Please copy every line from the records below that contains the string "callee".
Extracted material Start Marker
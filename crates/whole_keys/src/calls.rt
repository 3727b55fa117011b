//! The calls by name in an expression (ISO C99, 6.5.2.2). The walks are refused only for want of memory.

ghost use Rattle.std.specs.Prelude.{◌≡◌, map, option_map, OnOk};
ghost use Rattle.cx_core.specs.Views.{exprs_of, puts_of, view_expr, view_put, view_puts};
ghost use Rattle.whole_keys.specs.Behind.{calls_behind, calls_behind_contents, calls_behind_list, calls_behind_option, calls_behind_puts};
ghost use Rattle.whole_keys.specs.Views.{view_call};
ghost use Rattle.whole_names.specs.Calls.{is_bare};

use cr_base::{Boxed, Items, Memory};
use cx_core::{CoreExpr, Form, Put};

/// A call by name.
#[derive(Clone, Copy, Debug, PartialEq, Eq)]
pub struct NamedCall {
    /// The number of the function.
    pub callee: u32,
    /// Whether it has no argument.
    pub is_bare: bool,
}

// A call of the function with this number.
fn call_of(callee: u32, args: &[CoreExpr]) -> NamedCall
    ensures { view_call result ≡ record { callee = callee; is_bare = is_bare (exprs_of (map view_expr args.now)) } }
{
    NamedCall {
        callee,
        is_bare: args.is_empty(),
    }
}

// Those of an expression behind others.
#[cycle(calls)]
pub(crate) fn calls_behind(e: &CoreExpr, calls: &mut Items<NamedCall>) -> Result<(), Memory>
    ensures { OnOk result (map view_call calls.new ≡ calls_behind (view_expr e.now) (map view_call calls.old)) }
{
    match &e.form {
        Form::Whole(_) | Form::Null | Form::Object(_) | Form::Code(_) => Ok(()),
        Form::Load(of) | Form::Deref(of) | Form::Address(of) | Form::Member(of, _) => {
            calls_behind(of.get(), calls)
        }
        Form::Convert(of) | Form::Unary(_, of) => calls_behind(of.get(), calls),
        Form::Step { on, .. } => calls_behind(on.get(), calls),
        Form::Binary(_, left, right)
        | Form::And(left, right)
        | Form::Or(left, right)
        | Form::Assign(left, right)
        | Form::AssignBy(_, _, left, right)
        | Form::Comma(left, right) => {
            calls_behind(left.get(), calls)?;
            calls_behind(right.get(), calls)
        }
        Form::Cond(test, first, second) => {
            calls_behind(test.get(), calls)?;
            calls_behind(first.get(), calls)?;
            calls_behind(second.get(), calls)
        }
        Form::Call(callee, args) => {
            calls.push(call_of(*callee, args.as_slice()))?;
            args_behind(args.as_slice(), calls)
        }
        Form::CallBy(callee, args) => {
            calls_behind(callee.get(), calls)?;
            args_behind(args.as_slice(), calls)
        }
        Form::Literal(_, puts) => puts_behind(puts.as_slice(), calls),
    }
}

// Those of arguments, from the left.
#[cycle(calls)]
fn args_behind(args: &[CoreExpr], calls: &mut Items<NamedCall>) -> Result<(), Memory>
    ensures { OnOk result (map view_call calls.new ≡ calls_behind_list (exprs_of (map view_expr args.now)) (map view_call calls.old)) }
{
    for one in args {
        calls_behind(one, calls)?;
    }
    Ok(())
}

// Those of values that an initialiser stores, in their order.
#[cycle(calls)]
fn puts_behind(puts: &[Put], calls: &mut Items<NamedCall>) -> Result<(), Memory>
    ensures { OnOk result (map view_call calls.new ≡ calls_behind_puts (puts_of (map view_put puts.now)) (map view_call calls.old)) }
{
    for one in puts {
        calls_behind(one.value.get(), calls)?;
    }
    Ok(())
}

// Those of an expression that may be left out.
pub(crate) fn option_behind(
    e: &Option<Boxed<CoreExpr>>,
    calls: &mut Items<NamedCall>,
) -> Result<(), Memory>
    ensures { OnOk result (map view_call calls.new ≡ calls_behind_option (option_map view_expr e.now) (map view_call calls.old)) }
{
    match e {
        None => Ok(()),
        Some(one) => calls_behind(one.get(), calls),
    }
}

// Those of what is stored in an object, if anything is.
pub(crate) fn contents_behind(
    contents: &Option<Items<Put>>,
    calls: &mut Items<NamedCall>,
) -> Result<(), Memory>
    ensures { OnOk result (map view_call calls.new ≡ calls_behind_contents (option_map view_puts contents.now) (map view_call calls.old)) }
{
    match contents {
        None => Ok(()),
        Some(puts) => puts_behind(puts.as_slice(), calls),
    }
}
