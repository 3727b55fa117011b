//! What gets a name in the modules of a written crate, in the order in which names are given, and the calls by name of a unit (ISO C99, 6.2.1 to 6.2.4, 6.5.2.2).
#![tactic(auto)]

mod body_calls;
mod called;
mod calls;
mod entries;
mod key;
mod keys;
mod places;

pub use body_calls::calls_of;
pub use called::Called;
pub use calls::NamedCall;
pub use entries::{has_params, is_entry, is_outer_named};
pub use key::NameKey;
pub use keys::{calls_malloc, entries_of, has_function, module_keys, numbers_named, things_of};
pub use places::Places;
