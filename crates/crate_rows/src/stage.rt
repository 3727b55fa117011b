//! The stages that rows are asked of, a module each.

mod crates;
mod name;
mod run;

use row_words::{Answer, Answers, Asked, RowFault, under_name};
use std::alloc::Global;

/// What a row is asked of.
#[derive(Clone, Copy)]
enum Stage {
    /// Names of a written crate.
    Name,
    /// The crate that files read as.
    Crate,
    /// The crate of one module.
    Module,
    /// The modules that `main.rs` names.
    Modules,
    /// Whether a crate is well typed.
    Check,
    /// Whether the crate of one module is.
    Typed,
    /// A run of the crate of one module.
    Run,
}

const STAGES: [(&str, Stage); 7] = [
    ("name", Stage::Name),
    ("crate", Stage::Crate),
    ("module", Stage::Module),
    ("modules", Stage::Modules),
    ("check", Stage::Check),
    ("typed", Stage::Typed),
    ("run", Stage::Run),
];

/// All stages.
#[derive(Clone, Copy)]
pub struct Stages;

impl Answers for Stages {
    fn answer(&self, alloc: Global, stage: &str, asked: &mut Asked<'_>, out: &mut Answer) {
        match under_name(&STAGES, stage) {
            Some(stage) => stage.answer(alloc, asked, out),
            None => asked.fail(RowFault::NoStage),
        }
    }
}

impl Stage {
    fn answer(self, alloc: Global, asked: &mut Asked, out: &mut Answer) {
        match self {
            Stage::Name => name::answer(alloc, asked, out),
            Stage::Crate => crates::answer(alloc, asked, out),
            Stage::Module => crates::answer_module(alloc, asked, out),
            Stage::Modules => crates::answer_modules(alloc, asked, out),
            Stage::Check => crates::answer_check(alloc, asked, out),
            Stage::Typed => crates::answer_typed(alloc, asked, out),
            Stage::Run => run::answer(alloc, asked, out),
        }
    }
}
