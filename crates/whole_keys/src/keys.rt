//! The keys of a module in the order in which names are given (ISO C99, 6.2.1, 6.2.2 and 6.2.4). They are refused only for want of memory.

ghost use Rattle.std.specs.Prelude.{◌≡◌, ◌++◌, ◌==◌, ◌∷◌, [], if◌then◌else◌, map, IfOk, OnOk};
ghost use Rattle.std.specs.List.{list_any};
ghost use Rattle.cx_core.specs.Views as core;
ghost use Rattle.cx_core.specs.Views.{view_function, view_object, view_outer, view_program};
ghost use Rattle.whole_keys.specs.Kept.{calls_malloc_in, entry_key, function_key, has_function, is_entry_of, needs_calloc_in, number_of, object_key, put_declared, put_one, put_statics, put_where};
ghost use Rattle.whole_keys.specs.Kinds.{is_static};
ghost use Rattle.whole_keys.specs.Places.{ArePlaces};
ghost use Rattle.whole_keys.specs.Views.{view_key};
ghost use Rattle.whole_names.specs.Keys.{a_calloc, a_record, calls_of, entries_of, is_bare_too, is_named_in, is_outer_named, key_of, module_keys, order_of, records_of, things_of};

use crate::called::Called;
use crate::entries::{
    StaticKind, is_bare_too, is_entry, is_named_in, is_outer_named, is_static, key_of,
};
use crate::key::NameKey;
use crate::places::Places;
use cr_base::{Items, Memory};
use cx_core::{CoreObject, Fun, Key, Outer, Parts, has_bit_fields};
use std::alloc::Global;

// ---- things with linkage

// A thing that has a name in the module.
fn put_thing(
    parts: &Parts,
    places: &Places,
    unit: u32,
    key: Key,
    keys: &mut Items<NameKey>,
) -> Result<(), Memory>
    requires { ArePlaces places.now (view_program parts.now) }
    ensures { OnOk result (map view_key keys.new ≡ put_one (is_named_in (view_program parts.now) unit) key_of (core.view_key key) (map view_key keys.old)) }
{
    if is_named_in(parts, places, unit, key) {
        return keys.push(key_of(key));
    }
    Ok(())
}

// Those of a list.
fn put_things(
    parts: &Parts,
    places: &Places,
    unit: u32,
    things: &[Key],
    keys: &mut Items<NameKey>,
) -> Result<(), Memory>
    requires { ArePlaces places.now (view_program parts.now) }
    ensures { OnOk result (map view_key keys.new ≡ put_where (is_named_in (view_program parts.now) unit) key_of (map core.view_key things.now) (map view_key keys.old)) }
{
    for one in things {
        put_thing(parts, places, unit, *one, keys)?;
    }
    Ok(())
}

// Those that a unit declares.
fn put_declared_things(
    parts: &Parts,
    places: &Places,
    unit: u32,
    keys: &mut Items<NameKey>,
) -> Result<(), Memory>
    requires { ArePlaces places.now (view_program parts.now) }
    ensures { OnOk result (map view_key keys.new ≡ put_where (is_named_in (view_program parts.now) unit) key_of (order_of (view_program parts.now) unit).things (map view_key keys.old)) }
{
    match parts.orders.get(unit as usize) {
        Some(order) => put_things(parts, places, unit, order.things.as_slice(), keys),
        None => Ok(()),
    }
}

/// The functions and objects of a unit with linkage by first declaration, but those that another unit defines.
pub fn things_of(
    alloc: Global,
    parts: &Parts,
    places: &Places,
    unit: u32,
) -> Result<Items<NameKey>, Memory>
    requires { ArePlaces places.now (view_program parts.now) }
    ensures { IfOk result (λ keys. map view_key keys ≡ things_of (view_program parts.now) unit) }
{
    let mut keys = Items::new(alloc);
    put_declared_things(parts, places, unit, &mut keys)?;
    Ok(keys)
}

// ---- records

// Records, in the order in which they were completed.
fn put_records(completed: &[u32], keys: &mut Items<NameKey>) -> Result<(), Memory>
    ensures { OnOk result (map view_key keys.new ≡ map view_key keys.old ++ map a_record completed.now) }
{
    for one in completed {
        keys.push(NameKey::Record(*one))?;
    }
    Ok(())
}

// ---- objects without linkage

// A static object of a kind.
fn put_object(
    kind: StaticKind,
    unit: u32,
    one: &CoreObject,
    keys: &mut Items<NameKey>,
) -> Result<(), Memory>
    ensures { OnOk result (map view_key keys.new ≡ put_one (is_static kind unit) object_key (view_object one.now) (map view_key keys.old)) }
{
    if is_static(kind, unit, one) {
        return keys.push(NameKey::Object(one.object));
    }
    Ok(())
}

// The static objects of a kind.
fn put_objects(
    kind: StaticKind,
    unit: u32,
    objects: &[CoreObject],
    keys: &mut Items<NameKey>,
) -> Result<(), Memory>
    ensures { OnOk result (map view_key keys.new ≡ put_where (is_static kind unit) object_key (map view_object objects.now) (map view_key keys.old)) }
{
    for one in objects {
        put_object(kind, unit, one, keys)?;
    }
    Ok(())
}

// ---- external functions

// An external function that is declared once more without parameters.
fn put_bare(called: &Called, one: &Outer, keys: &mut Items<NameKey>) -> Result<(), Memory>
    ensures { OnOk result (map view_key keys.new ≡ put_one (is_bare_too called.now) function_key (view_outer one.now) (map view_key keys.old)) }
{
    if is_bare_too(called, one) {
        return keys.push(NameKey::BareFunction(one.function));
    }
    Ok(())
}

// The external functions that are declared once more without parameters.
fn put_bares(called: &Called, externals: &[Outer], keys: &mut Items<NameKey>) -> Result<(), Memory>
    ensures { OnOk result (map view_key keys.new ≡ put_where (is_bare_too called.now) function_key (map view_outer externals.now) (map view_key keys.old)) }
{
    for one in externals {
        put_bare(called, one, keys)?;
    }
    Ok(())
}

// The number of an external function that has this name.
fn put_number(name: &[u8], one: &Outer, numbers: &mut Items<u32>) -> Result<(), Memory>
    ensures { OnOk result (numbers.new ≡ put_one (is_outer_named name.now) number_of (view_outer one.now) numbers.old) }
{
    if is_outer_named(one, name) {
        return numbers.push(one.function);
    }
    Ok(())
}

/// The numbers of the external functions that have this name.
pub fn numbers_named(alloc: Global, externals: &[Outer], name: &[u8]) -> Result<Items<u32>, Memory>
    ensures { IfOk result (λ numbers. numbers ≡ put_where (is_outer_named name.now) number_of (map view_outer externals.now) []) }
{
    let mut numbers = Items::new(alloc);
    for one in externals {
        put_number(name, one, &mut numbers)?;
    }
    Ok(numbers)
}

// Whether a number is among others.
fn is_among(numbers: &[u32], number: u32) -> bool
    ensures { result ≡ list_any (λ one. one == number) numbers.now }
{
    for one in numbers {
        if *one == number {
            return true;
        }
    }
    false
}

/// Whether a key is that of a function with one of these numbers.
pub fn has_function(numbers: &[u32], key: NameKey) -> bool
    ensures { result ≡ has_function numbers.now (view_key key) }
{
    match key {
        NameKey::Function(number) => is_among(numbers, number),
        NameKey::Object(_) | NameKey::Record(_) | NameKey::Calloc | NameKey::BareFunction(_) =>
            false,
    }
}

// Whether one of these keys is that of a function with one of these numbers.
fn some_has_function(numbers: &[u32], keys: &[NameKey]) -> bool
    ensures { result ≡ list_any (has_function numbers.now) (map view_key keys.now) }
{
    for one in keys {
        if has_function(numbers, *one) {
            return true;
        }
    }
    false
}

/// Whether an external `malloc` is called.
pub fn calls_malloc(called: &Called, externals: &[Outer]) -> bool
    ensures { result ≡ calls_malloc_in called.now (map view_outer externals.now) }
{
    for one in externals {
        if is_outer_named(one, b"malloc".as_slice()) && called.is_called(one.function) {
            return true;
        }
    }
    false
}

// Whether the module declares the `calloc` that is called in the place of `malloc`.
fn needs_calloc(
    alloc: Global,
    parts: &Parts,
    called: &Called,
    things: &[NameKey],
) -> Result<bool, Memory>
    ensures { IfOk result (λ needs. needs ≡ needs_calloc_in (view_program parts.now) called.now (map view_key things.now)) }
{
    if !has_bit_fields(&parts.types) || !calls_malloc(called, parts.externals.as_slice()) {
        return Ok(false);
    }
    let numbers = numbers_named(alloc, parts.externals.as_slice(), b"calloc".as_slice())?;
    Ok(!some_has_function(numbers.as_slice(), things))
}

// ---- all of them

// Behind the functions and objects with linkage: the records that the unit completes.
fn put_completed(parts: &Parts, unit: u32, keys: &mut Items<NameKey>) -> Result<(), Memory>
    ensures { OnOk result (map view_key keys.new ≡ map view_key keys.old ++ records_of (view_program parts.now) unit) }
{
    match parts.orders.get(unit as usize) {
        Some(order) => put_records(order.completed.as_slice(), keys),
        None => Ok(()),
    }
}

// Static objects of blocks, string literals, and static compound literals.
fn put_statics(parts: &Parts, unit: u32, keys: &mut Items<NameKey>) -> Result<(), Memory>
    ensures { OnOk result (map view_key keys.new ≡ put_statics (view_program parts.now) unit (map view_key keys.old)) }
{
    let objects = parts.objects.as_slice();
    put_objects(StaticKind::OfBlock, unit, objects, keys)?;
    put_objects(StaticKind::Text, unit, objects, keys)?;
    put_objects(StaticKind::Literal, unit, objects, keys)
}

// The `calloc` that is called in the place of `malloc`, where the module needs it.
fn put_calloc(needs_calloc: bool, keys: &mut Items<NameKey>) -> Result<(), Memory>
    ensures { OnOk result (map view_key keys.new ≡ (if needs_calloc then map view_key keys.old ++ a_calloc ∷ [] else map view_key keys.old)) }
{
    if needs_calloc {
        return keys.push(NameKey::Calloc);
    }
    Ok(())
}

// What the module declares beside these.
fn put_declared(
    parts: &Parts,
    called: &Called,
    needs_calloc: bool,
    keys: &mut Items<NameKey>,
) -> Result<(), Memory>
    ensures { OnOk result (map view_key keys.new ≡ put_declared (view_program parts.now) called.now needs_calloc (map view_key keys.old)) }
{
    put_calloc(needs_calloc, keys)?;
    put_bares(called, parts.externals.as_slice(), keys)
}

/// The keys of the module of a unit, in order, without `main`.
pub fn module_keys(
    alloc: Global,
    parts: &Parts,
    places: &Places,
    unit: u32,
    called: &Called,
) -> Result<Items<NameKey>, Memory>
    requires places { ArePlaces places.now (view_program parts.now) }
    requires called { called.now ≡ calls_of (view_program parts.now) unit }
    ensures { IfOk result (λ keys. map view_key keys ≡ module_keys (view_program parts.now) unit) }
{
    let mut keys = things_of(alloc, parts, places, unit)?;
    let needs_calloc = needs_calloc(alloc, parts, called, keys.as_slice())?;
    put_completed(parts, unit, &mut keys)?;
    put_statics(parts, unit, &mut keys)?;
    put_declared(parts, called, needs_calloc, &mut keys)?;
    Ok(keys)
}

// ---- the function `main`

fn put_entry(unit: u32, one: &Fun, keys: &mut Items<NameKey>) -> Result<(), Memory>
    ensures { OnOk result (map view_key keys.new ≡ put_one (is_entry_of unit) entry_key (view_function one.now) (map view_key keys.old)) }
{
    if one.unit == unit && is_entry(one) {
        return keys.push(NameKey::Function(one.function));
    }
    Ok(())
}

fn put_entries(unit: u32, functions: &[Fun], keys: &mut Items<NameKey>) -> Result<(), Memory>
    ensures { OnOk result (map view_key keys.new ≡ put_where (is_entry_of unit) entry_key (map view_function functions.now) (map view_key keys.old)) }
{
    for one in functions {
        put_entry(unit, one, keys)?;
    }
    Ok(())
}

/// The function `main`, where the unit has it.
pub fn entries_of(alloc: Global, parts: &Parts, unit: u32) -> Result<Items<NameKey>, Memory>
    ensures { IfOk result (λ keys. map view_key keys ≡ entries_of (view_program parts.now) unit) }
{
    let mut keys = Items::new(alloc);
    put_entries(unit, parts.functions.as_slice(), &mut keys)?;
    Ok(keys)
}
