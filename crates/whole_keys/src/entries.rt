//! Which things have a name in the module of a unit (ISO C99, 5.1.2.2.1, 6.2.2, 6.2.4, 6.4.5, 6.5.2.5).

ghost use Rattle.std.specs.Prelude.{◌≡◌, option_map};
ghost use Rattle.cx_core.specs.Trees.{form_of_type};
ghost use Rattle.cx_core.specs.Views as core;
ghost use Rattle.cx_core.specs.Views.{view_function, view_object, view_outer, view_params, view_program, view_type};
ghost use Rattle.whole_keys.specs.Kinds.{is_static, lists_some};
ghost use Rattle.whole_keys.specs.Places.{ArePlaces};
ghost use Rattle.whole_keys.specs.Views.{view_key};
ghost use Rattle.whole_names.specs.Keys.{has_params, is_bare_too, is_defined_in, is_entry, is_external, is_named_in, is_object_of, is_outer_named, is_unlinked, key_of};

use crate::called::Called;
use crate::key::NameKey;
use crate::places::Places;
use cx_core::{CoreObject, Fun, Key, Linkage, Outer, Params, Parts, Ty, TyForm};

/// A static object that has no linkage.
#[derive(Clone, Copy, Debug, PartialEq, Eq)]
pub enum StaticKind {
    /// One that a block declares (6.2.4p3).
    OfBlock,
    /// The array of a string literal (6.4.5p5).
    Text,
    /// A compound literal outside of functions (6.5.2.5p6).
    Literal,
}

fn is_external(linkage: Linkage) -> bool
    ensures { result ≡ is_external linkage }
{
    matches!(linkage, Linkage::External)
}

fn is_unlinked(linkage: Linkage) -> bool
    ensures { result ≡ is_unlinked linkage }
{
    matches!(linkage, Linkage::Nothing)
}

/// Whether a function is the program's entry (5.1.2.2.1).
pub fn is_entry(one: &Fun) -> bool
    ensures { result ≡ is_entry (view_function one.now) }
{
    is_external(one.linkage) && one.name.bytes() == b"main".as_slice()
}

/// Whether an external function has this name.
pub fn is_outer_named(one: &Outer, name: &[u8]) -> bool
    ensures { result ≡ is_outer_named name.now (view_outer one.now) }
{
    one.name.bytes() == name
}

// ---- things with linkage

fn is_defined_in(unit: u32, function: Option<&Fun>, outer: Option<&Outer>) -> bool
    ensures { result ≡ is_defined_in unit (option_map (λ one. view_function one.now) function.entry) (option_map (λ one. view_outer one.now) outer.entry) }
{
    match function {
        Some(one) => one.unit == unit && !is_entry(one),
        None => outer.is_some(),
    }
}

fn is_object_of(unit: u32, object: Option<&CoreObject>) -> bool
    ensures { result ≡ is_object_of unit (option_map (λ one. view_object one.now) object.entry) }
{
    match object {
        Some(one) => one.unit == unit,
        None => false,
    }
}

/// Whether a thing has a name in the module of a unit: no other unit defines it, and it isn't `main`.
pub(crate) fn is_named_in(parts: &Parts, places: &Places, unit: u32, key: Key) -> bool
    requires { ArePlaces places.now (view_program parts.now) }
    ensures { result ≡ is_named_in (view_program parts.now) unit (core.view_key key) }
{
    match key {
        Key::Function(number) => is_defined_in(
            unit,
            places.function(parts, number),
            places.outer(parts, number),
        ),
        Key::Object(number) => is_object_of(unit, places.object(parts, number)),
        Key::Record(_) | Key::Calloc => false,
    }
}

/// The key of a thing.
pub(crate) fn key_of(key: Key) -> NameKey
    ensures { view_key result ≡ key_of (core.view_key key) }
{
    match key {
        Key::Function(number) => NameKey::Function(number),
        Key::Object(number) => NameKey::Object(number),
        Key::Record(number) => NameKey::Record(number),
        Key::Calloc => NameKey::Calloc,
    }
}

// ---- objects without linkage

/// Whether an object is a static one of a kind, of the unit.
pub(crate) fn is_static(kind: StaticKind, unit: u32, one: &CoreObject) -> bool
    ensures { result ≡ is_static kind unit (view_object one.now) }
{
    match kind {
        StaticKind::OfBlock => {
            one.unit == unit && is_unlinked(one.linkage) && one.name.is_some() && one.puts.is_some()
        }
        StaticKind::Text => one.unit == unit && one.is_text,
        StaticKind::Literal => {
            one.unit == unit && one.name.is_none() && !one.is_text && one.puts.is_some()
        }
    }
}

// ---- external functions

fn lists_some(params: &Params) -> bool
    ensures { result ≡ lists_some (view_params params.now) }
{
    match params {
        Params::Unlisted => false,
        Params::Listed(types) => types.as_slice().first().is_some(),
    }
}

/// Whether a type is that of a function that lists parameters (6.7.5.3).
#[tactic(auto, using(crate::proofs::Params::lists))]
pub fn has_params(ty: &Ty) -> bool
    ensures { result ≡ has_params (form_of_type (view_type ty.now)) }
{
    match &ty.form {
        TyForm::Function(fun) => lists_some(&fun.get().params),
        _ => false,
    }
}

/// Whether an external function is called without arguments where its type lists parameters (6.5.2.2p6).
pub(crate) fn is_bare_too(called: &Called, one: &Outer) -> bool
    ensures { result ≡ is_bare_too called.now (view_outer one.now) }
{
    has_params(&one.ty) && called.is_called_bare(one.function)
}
Extracted material End Marker
Response area
    pub callee: u32,
fn call_of(callee: u32, args: &[CoreExpr]) -> NamedCall
    ensures { view_call result ≡ record { callee = callee; is_bare = is_bare (exprs_of (map view_expr args.now)) } }
        callee,
        Form::Call(callee, args) => {
            calls.push(call_of(*callee, args.as_slice()))?;
        Form::CallBy(callee, args) => {
            calls_behind(callee.get(), calls)?;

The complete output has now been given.